**YOUR ASSIGNMENT**
How many lines in the records below contain the word "properties"? State only that number.

:::::

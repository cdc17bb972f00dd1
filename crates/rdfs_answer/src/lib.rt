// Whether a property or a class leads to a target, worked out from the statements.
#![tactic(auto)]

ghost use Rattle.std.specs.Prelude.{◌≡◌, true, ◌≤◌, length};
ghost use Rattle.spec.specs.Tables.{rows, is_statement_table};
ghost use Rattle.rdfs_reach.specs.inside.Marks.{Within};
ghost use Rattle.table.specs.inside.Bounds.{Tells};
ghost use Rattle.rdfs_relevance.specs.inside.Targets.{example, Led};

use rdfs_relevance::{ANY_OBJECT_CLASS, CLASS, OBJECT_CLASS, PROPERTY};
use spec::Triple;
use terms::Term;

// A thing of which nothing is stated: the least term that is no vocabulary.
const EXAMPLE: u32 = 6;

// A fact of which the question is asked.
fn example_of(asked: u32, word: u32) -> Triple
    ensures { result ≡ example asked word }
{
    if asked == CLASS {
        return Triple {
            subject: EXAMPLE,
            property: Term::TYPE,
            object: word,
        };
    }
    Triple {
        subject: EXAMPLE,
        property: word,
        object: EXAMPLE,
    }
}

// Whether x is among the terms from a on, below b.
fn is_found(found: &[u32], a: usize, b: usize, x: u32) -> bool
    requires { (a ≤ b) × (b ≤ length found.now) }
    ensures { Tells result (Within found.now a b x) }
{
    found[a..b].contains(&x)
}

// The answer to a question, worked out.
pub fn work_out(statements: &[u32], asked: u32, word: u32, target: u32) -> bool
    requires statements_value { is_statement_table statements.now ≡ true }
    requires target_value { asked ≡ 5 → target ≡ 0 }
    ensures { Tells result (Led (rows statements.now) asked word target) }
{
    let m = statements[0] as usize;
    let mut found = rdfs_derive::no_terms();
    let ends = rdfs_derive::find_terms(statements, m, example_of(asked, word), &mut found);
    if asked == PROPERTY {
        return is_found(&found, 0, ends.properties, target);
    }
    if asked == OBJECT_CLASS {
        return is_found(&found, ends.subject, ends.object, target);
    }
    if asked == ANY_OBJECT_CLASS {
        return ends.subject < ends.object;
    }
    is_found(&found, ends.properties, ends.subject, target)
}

:::::

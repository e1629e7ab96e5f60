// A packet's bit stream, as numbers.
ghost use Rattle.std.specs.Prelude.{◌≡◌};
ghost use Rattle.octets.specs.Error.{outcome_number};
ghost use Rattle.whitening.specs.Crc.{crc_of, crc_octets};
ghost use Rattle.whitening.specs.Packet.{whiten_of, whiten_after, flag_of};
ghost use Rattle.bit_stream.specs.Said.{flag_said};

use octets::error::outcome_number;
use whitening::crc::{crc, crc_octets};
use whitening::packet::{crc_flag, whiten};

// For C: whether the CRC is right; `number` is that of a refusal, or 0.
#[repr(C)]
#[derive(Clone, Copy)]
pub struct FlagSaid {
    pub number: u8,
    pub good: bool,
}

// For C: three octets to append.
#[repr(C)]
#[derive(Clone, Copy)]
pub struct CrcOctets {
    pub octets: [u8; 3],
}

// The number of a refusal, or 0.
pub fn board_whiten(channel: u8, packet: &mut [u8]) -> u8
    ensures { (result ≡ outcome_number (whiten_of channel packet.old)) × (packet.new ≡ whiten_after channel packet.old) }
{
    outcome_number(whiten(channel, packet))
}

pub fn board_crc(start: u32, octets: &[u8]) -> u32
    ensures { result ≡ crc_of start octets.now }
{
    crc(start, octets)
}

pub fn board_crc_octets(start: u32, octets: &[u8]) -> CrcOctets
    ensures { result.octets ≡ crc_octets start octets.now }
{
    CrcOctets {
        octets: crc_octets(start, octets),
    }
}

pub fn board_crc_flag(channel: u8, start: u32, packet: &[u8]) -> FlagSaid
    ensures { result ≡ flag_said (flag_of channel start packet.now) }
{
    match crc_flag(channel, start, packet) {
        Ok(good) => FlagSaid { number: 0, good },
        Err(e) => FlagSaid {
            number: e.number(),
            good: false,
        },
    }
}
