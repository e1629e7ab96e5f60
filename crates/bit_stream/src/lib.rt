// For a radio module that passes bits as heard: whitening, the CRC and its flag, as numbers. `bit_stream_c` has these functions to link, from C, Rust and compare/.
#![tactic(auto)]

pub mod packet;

:::::

**TASK SOLUTION**
2